Build a file-system front-end to another data access system, like the web, or a version control system.
Build a cooperative backup system (see, for instance, Pastiche).
Build an append-only (or append-mostly) file system that elides redundant data to make it reasonable to dump backups on to optical medial like DVD+R on a daily basis. See Venti and Fossil for some ideas on this.
Build or modify an existing file system to make it re-organize data placement to optimize performance. For instance, if a particular HTML file is always accessed in conjunction with several image files, they might be located near each other to reduce latency. Data that often causes buffer cache misses might even be replicated on several parts of the disk.
Build a storage infrastructure for accessing massive data sets in distributed computations over the wide area network.
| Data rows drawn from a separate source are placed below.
//! The tooltips of bars and marks. They say in words what the picture shows.

use crate::escaping::{put_condition, put_seat};
use crate::pieces::put;
use crate::sheet::Sheet;
use drawing::bar::Bar;
use drawing::kind::Kind;
use drawing::mark::Mark;
use explaining::words::put_entry;
use history::entry::Entry;
use history::number::put_wide;
use std::alloc::AllocError;

/// Appends the tooltip of a bar, and the end of the bar: its seat, what the seat does and how long, and the
/// bar's first entry.
pub(crate) fn put_bar_title(
    out: &mut Vec<u8>,
    sheet: Sheet<'_>,
    bar: Bar,
) -> Result<(), AllocError> {
    put_seat(out, sheet.names, b"'><title>seat ", bar.seat)?;
    put_state(out, sheet, bar)?;
    put(out, b", entries ", sheet.number_of(bar.first))?;
    put(out, b" to ", sheet.number_of(bar.last))?;
    out.extend_from_slice(b"; ")?;
    put_entry_words(out, sheet, bar.first)?;
    out.extend_from_slice(b"</title></rect>\n")
}

/// Appends what a seat does.
fn put_state(out: &mut Vec<u8>, sheet: Sheet<'_>, bar: Bar) -> Result<(), AllocError> {
    match bar.kind {
        Kind::Exclusive => put_holds(out, b", exclusive holds: ", bar.holds),
        Kind::Shared => put_holds(out, b", shared holds: ", bar.holds),
        Kind::InLine => out.extend_from_slice(b", in line"),
        Kind::Asleep(condition) => {
            put_condition(out, sheet.names, b", asleep on condition ", condition)
        }
    }
}

fn put_holds(out: &mut Vec<u8>, name: &[u8], holds: u128) -> Result<(), AllocError> {
    out.extend_from_slice(name)?;
    put_wide(out, holds)
}

/// Appends the tooltip of a mark, which is its entry, and the end of the mark.
pub(crate) fn put_mark_title(
    out: &mut Vec<u8>,
    sheet: Sheet<'_>,
    mark: Mark,
) -> Result<(), AllocError> {
    out.extend_from_slice(b"'><title>")?;
    put_entry_words(out, sheet, mark.number)?;
    out.extend_from_slice(b"</title></path>\n")
}

/// Appends the tooltip of an illegal entry's field, and the end of the field.
pub(crate) fn put_wrong_title(
    out: &mut Vec<u8>,
    sheet: Sheet<'_>,
    index: u64,
) -> Result<(), AllocError> {
    out.extend_from_slice(b"'><title>not legal: ")?;
    put_entry_words(out, sheet, index)?;
    out.extend_from_slice(b"</title></rect>\n")
}

/// Appends the entry of an index in words.
fn put_entry_words(out: &mut Vec<u8>, sheet: Sheet<'_>, index: u64) -> Result<(), AllocError> {
    put(out, b"entry ", sheet.number_of(index))?;
    put_maker(out, sheet, sheet.entry_at(index))
}

/// Appends who made an entry, and its words as a history text has them.
pub(crate) fn put_maker(
    out: &mut Vec<u8>,
    sheet: Sheet<'_>,
    entry: Option<Entry>,
) -> Result<(), AllocError> {
    match entry {
        None => Ok(()),
        Some(entry) => {
            put_seat(out, sheet.names, b": seat ", entry.seat)?;
            out.extend_from_slice(b" ")?;
            put_entry(out, entry)
        }
    }
}
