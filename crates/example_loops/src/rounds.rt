//! A number of rounds, and the lock in each of them.
ghost use Rattle.locks.specs.Calling.{CanLock};

use locks::{Fault, Mutex, Pass, ThreadParking};
use std::sync::Wait;
use std::time::Clock;

/// The condition on which a thread waits for a greater number.
pub const MORE: u8 = 0;

/// Adds 1 in each of the rounds, and says so to a thread that waits.
pub fn add_often<R: Wait + Clock>(
    rt: &R,
    parking: &ThreadParking,
    number: &Mutex<u64>,
    pass: &mut Pass,
    rounds: u64,
) -> Result<(), Fault>
    requires { CanLock number.now parking.now pass.old }
    ensures { CanLock number.now parking.now pass.new }
{
    for _ in 0..rounds {
        let mut guard = Mutex::lock(pass, number, rt, parking)?;
        let value = guard.value_mut();
        *value = value.saturating_add(1);
        guard.signal(MORE)?;
    }
    Ok(())
}
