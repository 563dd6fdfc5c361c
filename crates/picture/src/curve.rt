//! The curve of a semaphore's free permits, or of a latch's count.

use crate::grid::{Grid, amounts_of};
use crate::pieces::{put, put_amount, put_word};
use crate::range::Range;
use crate::sheet::Sheet;
use std::alloc::AllocError;

/// Appends the curve, if the object has one: its name, its highest and lowest number, and its line.
pub(crate) fn put_curve(out: &mut Vec<u8>, sheet: Sheet<'_>, grid: Grid) -> Result<(), AllocError> {
    let amounts: &[i128] = &sheet.picture.drawn.curve;
    let Some(word) = amounts_of(sheet.picture.header.object) else {
        return Ok(());
    };
    let range = Range::with_zero(amounts);
    let end = grid.left.saturating_sub(4);
    put_word(out, 138, word)?;
    put_amount(out, end, 112, &range.high)?;
    put_amount(out, end, 164, &range.low)?;
    put_line(out, grid, range, amounts)
}

/// Appends the line of the curve. For each entry it goes up or down to the amount and then to the right.
fn put_line(
    out: &mut Vec<u8>,
    grid: Grid,
    range: Range,
    amounts: &[i128],
) -> Result<(), AllocError> {
    put(out, b"<path class='c' d='M", grid.left)?;
    out.extend_from_slice(b" 164")?;
    for amount in amounts {
        put(out, b"V", 164u64.saturating_sub(range.up(amount, 56)))?;
        put(out, b"h", grid.step)?;
    }
    out.extend_from_slice(b"'/>\n")
}
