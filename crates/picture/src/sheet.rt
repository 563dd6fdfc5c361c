//! What a picture is drawn from.

use crate::naming::Names;
use crate::picture::Picture;
use history::entry::Entry;

/// What a picture is drawn from.
#[derive(Clone, Copy)]
pub(crate) struct Sheet<'a> {
    pub(crate) names: &'a Names,
    pub(crate) picture: &'a Picture,
    /// The entries after the base, from the first one on.
    pub(crate) entries: &'a [Entry],
    /// For each seat how many before it have a row, and after them how many seats have one.
    pub(crate) ranks: &'a [u64],
}

impl Sheet<'_> {
    /// Returns how many seats below a number have a row: for a seat that has one, it is the number of its
    /// row.
    pub(crate) fn row_of(self, seat: usize) -> u64 {
        match self.ranks.get(seat) {
            Some(row) => *row,
            None => 0,
        }
    }

    /// Returns how many rows there are.
    pub(crate) fn rows(self) -> u64 {
        self.row_of(self.picture.header.seats as usize)
    }

    /// Returns whether a seat has a row: then the rank of the next seat is another.
    pub(crate) fn has_row(self, seat: u16) -> bool {
        self.row_of(seat as usize) != self.row_of(seat as usize + 1)
    }

    /// Returns the number of an entry by which it is told. It counts folded entries too.
    pub(crate) fn number_of(self, index: u64) -> u64 {
        self.picture.folded.saturating_add(index)
    }

    /// Returns the entry of an index, if there is one.
    pub(crate) fn entry_at(self, index: u64) -> Option<Entry> {
        self.entries.get(index as usize).copied()
    }
}
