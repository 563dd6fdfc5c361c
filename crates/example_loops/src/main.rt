//! The three loops that programs with locks mostly have. The file that states what holds before each round of a
//! loop is `proofs/MODULE/FUNCTION/Invariants.antt`: copy it with the loop.
//!
//! - `rounds`: a number of rounds, and the lock in each of them.
//! - `changed`: until the value has changed. The loop keeps the guard, and waits on a condition.
//! - `told`: until another thread says that it is over, and the lock in each round.
//!
//! The module `queue` has all of them: a queue of jobs, at which one thread submits and two threads work.
#![tactic(auto)]

mod changed;
mod jobs;
mod queue;
mod rounds;
mod submitting;
mod told;
mod working;

use locks::{Fault, Mutex, Policy, ThreadParking, WhenFull, two_passes};
use std::alloc::Global;
use std::sync::Wait;
use std::thread::Threads;
use std::time::Clock;
use std::{io, thread};

/// One thread adds 1 twenty times, and another takes 7 and then 13. Returns what is left.
fn exchange<R: Threads + Wait + Clock + Sync>(rt: &R, alloc: Global) -> Result<u64, Fault> {
    let parking = ThreadParking::open(rt, alloc, 2)?;
    let opened = Mutex::open(alloc, 0u64, Policy::Fair, WhenFull::Trim, 2, 1, 64);
    let Ok((number, passes)) = opened else {
        return Err(Fault::OutOfMemory);
    };
    let (mut taker, mut giver) = two_passes(passes);
    let (taken, given) = thread::join_mut(
        rt,
        &mut || changed::take_twice(rt, &parking, &number, &mut taker, 7, 13),
        &mut || rounds::add_often(rt, &parking, &number, &mut giver, 20),
    );
    taken?;
    given?;
    let guard = Mutex::lock(&mut taker, &number, rt, &parking)?;
    Ok(*guard.value())
}

/// One thread works until the other says that it is over. Returns whether each round of work was seen by both.
fn work<R: Threads + Wait + Clock + Sync>(rt: &R, alloc: Global) -> Result<bool, Fault> {
    let parking = ThreadParking::open(rt, alloc, 2)?;
    let desk = told::Desk::new();
    let opened = Mutex::open(alloc, desk, Policy::Fair, WhenFull::Trim, 2, 0, 64);
    let Ok((desk, passes)) = opened else {
        return Err(Fault::OutOfMemory);
    };
    let (mut worker, mut boss) = two_passes(passes);
    let (worked, told) = thread::join_mut(
        rt,
        &mut || told::work(rt, &parking, &desk, &mut worker),
        &mut || told::end(rt, &parking, &desk, &mut boss),
    );
    told?;
    let worked = worked?;
    let guard = Mutex::lock(&mut boss, &desk, rt, &parking)?;
    Ok(guard.value().rounds() == worked)
}

fn main(rt: HostRuntime) -> io::Result<()> {
    match exchange(&rt, rt.alloc()) {
        Ok(left) => println!(rt; "left: {left}")?,
        Err(fault) => println!(rt; "not exchanged: {fault}")?,
    }
    match work(&rt, rt.alloc()) {
        Ok(agree) => println!(rt; "each round of work was seen: {agree}")?,
        Err(fault) => println!(rt; "not worked: {fault}")?,
    }
    queue::show_both(&rt)
}
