//! Pieces of elements. On an error only the first bytes of a piece may have been appended.

use history::number::put_number;
use itoa::Buffer;
use std::alloc::AllocError;

/// The position and the size of a rectangle.
#[derive(Clone, Copy, Debug)]
pub(crate) struct Rect {
    pub(crate) x: u64,
    pub(crate) y: u64,
    pub(crate) width: u64,
    pub(crate) height: u64,
}

/// Appends a name and a number.
pub(crate) fn put(out: &mut Vec<u8>, name: &[u8], number: u64) -> Result<(), AllocError> {
    out.extend_from_slice(name)?;
    put_number(out, number)
}

/// Appends an amount, which may be less than 0.
pub(crate) fn put_signed(out: &mut Vec<u8>, amount: &i128) -> Result<(), AllocError> {
    let mut buffer = Buffer::new();
    out.extend_from_slice(buffer.format(*amount).as_bytes())
}

/// Appends the beginning of an element, up to the last number of its position.
pub(crate) fn put_placed(
    out: &mut Vec<u8>,
    shape: &[u8],
    x: u64,
    y: u64,
) -> Result<(), AllocError> {
    put(out, shape, x)?;
    put(out, b"' y='", y)
}

/// Appends the beginning of a rectangle, up to its last number.
pub(crate) fn put_rect(out: &mut Vec<u8>, shape: &[u8], area: Rect) -> Result<(), AllocError> {
    put_placed(out, shape, area.x, area.y)?;
    put(out, b"' width='", area.width)?;
    put(out, b"' height='", area.height)
}

/// Appends words at the left edge.
pub(crate) fn put_word(out: &mut Vec<u8>, y: u64, word: &[u8]) -> Result<(), AllocError> {
    put(out, b"<text x='8' y='", y)?;
    out.extend_from_slice(b"'>")?;
    out.extend_from_slice(word)?;
    out.extend_from_slice(b"</text>\n")
}

/// Appends an amount that ends at `x`.
pub(crate) fn put_amount(
    out: &mut Vec<u8>,
    x: u64,
    y: u64,
    amount: &i128,
) -> Result<(), AllocError> {
    put_placed(out, b"<text class='a' x='", x, y)?;
    out.extend_from_slice(b"'>")?;
    put_signed(out, amount)?;
    out.extend_from_slice(b"</text>\n")
}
Extend an existing file system to make NFS service faster through a small amount of non-volatile RAM.
Design and implement a convincing file system benchmark.
Design and implement a user-level file reconciliation protocol that merges changes to distributed copies of a directory tree.
Build a facility for persistent objects in C, C++ or some other high-level language. Use write-ahead logging to survive crashes. Optionally, you might extend the system to work across the network (perhaps using NFS combined with some user-level locking protocol).
Build a storage system that scales to many readers. For example, you might want to have clients upload data to each other, as in BitTorrent. Or you might target media files, like radio or TV shows, in which case users will want to play the file while downloading, and BitTorrent's random download order will not work.

Note, that if you want to do kernel-level work, (for instance for a performance evaluation), we have a limited amount of lab space and equipment you can use.